[Material shown Boundary: Start]

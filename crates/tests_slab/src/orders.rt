//! What the slabs of a direction are told to be, one after another.

ghost use Rattle.std.specs.Prelude.{◌≡◌, ◌<◌};

use sb_fraction::{Direction, Steps};
use sb_frame::{PlanEdges, Slab};
use sb_model::Model;
use sb_slab::SlabOrders;
use std::alloc::{AllocError, Global};
use std::marker::Brand;
use std::sync::ledger::{Blank, Ledger};

/// Stands after the places of each slab.
pub const END: usize = 9998;

/// Stands where there is no slab.
pub const NONE: usize = 9999;

/// Whether so many calls tell just these places, those of each slab followed by `END`.
pub fn are_orders(
    alloc: Global,
    model: Option<Model>,
    d: Direction,
    calls: u16,
    wanted: &[usize],
) -> Result<bool, AllocError> {
    let Some(model) = model else {
        return Ok(false);
    };
    match PlanEdges::new(alloc, &model) {
        Ok(edges) => {
            let told = told_by::<Brand>(alloc, Blank::new(1), &edges, d, calls)?;
            Ok(are_same(told.as_slice(), wanted))
        }
        Err(_) => Ok(false),
    }
}

fn are_same(told: &[usize], wanted: &[usize]) -> bool {
    told.len() == wanted.len() && told.iter().zip(wanted).all(|(a, b)| *a == *b)
}

/// What so many calls tell.
fn told_by<L: Ledger>(
    alloc: Global,
    blank: Blank,
    edges: &PlanEdges,
    d: Direction,
    calls: u16,
) -> Result<Vec<usize>, AllocError>
    requires name { blank.name ≡ L.name }
    requires parts { blank.parts ≡ L.parts }
    requires some_part { 0 < L.parts }
{
    let mut steps: Steps<L> = Steps::new(blank);
    let mut slabs = SlabOrders::new(alloc, edges, d)?;
    let mut told = Vec::new(alloc);
    for _ in 0..calls {
        let slab = slabs.next(&mut steps)?;
        tell(&mut told, slab)?;
    }
    Ok(told)
}

/// Puts the places of a slab and `END`, or `NONE`.
fn tell(told: &mut Vec<usize>, slab: Option<Slab>) -> Result<(), AllocError> {
    let Some(slab) = slab else {
        told.push(NONE)?;
        return Ok(());
    };
    for place in slab.order.as_slice() {
        told.push(*place)?;
    }
    told.push(END)?;
    Ok(())
}
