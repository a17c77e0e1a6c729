//! Records, revisions, keepers and the records of a directory, each tried once: outside values, and that calls succeed.
#![tactic(auto)]

#[cfg(test)]
mod again;
#[cfg(test)]
mod dir_records;
#[cfg(test)]
mod keepers;
#[cfg(test)]
mod map_keeper;
#[cfg(test)]
mod records;
#[cfg(test)]
mod revisions;
#[cfg(test)]
mod sql_keeper;
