//! What the parts of a line say. `None` is no part, where the line ends before it.

ghost use Rattle.std.specs.Prelude.{◌≡◌, option_map, IfOk, IfSome};
ghost use Rattle.std.specs.Option.{option_copied};
ghost use Rattle.ep_units.specs.Utf8.{units_of};
ghost use Rattle.ep_script.specs.Texts.{IsText, unescaped};
ghost use Rattle.ep_script.specs.Fields.{name, place, number, text, value, calls, hex_byte, not_empty, image, torn_image};
ghost use Rattle.ep_script.specs.Left.{left};

use crate::texts::{hex_digit, is_name, read_u32, read_u64, unescape};
use ep_outside::Image;
use ep_units::{NoMemory, Units};
use std::alloc::Global;

/// A client's or a guest's name.
pub(crate) fn read_name(alloc: Global, word: Option<&str>) -> Result<Option<Units>, NoMemory>
    ensures name { IfOk result (λ o. o ≡ name (option_copied word.entry)) }
    ensures texts { IfOk result (λ o. IfSome o IsText) }
{
    match word {
        Some(name) if is_name(name.as_bytes()) => Ok(Some(Units::from_str(alloc, name)?)),
        _ => Ok(None),
    }
}

/// A place or a length.
pub(crate) fn read_place(word: Option<&str>) -> Option<u32>
    ensures { result ≡ place (option_copied word.entry) }
{
    read_u32(word?)
}

/// A revision.
pub(crate) fn read_number(word: Option<&str>) -> Option<u64>
    ensures { result ≡ number (option_copied word.entry) }
{
    read_u64(word?)
}

/// How many calls of a device come before a stop.
pub(crate) fn read_calls(word: Option<&str>) -> Option<u64>
    ensures { result ≡ calls (option_copied word.entry) }
{
    let calls = read_number(word)?;
    if calls <= 4 { Some(calls) } else { None }
}

fn read_escaped(alloc: Global, text: &str) -> Result<Option<Units>, NoMemory>
    ensures text { IfOk result (λ o. o ≡ unescaped (units_of text.now)) }
    ensures texts { IfOk result (λ o. IfSome o IsText) }
{
    unescape(alloc, &Units::from_str(alloc, text)?)
}

fn not_empty(text: Units) -> Option<Units>
    ensures { result ≡ not_empty text }
{
    if text.is_empty() { None } else { Some(text) }
}

/// A text that isn't empty.
pub(crate) fn read_text(alloc: Global, rest: Option<&str>) -> Result<Option<Units>, NoMemory>
    ensures text { IfOk result (λ o. o ≡ text (option_copied rest.entry)) }
    ensures texts { IfOk result (λ o. IfSome o IsText) }
{
    let Some(rest) = rest else {
        return Ok(None);
    };
    let Some(text) = read_escaped(alloc, rest)? else {
        return Ok(None);
    };
    Ok(not_empty(text))
}

/// A text that may be empty or missing.
pub(crate) fn read_value(alloc: Global, rest: Option<&str>) -> Result<Option<Units>, NoMemory>
    ensures text { IfOk result (λ o. o ≡ value (option_copied rest.entry)) }
    ensures texts { IfOk result (λ o. IfSome o IsText) }
{
    match rest {
        Some(rest) => read_escaped(alloc, rest),
        None => Ok(Some(Units::new(alloc))),
    }
}

/// A byte in two hexadecimal digits.
pub(crate) fn read_byte(word: &str) -> Option<u8>
    ensures { result ≡ hex_byte word.now }
{
    match word.as_bytes() {
        [high, low] => {
            let high = hex_digit(*high)?;
            let low = hex_digit(*low)?;
            Some(16 * high + low)
        }
        _ => None,
    }
}

/// What a stop leaves.
pub(crate) fn read_image(alloc: Global, word: Option<&str>) -> Result<Option<Image>, NoMemory>
    ensures { IfOk result (λ o. option_map left o ≡ image (option_copied word.entry)) }
{
    match word {
        None => Ok(None),
        Some("old") => Ok(Some(Image::Old)),
        Some("new") => Ok(Some(Image::New)),
        Some(word) => read_torn(alloc, word),
    }
}

fn read_torn(alloc: Global, word: &str) -> Result<Option<Image>, NoMemory>
    ensures { IfOk result (λ o. option_map left o ≡ torn_image word.now) }
{
    let Some(byte) = read_byte(word) else {
        return Ok(None);
    };
    let mut fill = Vec::with_capacity(alloc, 1)?;
    fill.push(byte)?;
    Ok(Some(Image::Torn {
        length: u64::MAX,
        fill,
    }))
}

[Material shown Boundary: End]

**Directions for this task:**
Repeat each record verbatim.

**Your response:**
filename crates/tests_slab/src/orders.rt
//! What the slabs of a direction are told to be, one after another.

ghost use Rattle.std.specs.Prelude.{◌≡◌, ◌<◌};

use sb_fraction::{Direction, Steps};
use sb_frame::{PlanEdges, Slab};
use sb_model::Model;
use sb_slab::SlabOrders;
use std::alloc::{AllocError, Global};
use std::marker::Brand;
use std::sync::ledger::{Blank, Ledger};

/// Stands after the places of each slab.
pub const END: usize = 9998;

/// Stands where there is no slab.
pub const NONE: usize = 9999;

/// Whether so many calls tell just these places, those of each slab followed by `END`.
pub fn are_orders(
    alloc: Global,
    model: Option<Model>,
    d: Direction,
    calls: u16,
    wanted: &[usize],
) -> Result<bool, AllocError> {
    let Some(model) = model else {
        return Ok(false);
    };
    match PlanEdges::new(alloc, &model) {
        Ok(edges) => {
            let told = told_by::<Brand>(alloc, Blank::new(1), &edges, d, calls)?;
            Ok(are_same(told.as_slice(), wanted))
        }
        Err(_) => Ok(false),
    }
}

fn are_same(told: &[usize], wanted: &[usize]) -> bool {
    told.len() == wanted.len() && told.iter().zip(wanted).all(|(a, b)| *a == *b)
}

/// What so many calls tell.
fn told_by<L: Ledger>(
    alloc: Global,
    blank: Blank,
    edges: &PlanEdges,
    d: Direction,
    calls: u16,
) -> Result<Vec<usize>, AllocError>
    requires name { blank.name ≡ L.name }
    requires parts { blank.parts ≡ L.parts }
    requires some_part { 0 < L.parts }
{
    let mut steps: Steps<L> = Steps::new(blank);
    let mut slabs = SlabOrders::new(alloc, edges, d)?;
    let mut told = Vec::new(alloc);
    for _ in 0..calls {
        let slab = slabs.next(&mut steps)?;
        tell(&mut told, slab)?;
    }
    Ok(told)
}

/// Puts the places of a slab and `END`, or `NONE`.
fn tell(told: &mut Vec<usize>, slab: Option<Slab>) -> Result<(), AllocError> {
    let Some(slab) = slab else {
        told.push(NONE)?;
        return Ok(());
    };
    for place in slab.order.as_slice() {
        told.push(*place)?;
    }
    told.push(END)?;
    Ok(())
}
repository a17c77e0e1a6c729
//! Records, revisions, keepers and the records of a directory, each tried once: outside values, and that calls succeed.
#![tactic(auto)]

#[cfg(test)]
mod again;
#[cfg(test)]
mod dir_records;
#[cfg(test)]
mod keepers;
#[cfg(test)]
mod map_keeper;
#[cfg(test)]
mod records;
#[cfg(test)]
mod revisions;
#[cfg(test)]
mod sql_keeper;
//! What the parts of a line say. `None` is no part, where the line ends before it.

ghost use Rattle.std.specs.Prelude.{◌≡◌, option_map, IfOk, IfSome};
ghost use Rattle.std.specs.Option.{option_copied};
ghost use Rattle.ep_units.specs.Utf8.{units_of};
ghost use Rattle.ep_script.specs.Texts.{IsText, unescaped};
ghost use Rattle.ep_script.specs.Fields.{name, place, number, text, value, calls, hex_byte, not_empty, image, torn_image};
ghost use Rattle.ep_script.specs.Left.{left};

use crate::texts::{hex_digit, is_name, read_u32, read_u64, unescape};
use ep_outside::Image;
use ep_units::{NoMemory, Units};
use std::alloc::Global;

/// A client's or a guest's name.
pub(crate) fn read_name(alloc: Global, word: Option<&str>) -> Result<Option<Units>, NoMemory>
    ensures name { IfOk result (λ o. o ≡ name (option_copied word.entry)) }
    ensures texts { IfOk result (λ o. IfSome o IsText) }
{
    match word {
        Some(name) if is_name(name.as_bytes()) => Ok(Some(Units::from_str(alloc, name)?)),
        _ => Ok(None),
    }
}

/// A place or a length.
pub(crate) fn read_place(word: Option<&str>) -> Option<u32>
    ensures { result ≡ place (option_copied word.entry) }
{
    read_u32(word?)
}

/// A revision.
pub(crate) fn read_number(word: Option<&str>) -> Option<u64>
    ensures { result ≡ number (option_copied word.entry) }
{
    read_u64(word?)
}

/// How many calls of a device come before a stop.
pub(crate) fn read_calls(word: Option<&str>) -> Option<u64>
    ensures { result ≡ calls (option_copied word.entry) }
{
    let calls = read_number(word)?;
    if calls <= 4 { Some(calls) } else { None }
}

fn read_escaped(alloc: Global, text: &str) -> Result<Option<Units>, NoMemory>
    ensures text { IfOk result (λ o. o ≡ unescaped (units_of text.now)) }
    ensures texts { IfOk result (λ o. IfSome o IsText) }
{
    unescape(alloc, &Units::from_str(alloc, text)?)
}

fn not_empty(text: Units) -> Option<Units>
    ensures { result ≡ not_empty text }
{
    if text.is_empty() { None } else { Some(text) }
}

/// A text that isn't empty.
pub(crate) fn read_text(alloc: Global, rest: Option<&str>) -> Result<Option<Units>, NoMemory>
    ensures text { IfOk result (λ o. o ≡ text (option_copied rest.entry)) }
    ensures texts { IfOk result (λ o. IfSome o IsText) }
{
    let Some(rest) = rest else {
        return Ok(None);
    };
    let Some(text) = read_escaped(alloc, rest)? else {
        return Ok(None);
    };
    Ok(not_empty(text))
}

/// A text that may be empty or missing.
pub(crate) fn read_value(alloc: Global, rest: Option<&str>) -> Result<Option<Units>, NoMemory>
    ensures text { IfOk result (λ o. o ≡ value (option_copied rest.entry)) }
    ensures texts { IfOk result (λ o. IfSome o IsText) }
{
    match rest {
        Some(rest) => read_escaped(alloc, rest),
        None => Ok(Some(Units::new(alloc))),
    }
}

/// A byte in two hexadecimal digits.
pub(crate) fn read_byte(word: &str) -> Option<u8>
    ensures { result ≡ hex_byte word.now }
{
    match word.as_bytes() {
        [high, low] => {
            let high = hex_digit(*high)?;
            let low = hex_digit(*low)?;
            Some(16 * high + low)
        }
        _ => None,
    }
}

/// What a stop leaves.
pub(crate) fn read_image(alloc: Global, word: Option<&str>) -> Result<Option<Image>, NoMemory>
    ensures { IfOk result (λ o. option_map left o ≡ image (option_copied word.entry)) }
{
    match word {
        None => Ok(None),
        Some("old") => Ok(Some(Image::Old)),
        Some("new") => Ok(Some(Image::New)),
        Some(word) => read_torn(alloc, word),
    }
}

fn read_torn(alloc: Global, word: &str) -> Result<Option<Image>, NoMemory>
    ensures { IfOk result (λ o. option_map left o ≡ torn_image word.now) }
{
    let Some(byte) = read_byte(word) else {
        return Ok(None);
    };
    let mut fill = Vec::with_capacity(alloc, 1)?;
    fill.push(byte)?;
    Ok(Some(Image::Torn {
        length: u64::MAX,
        fill,
    }))
}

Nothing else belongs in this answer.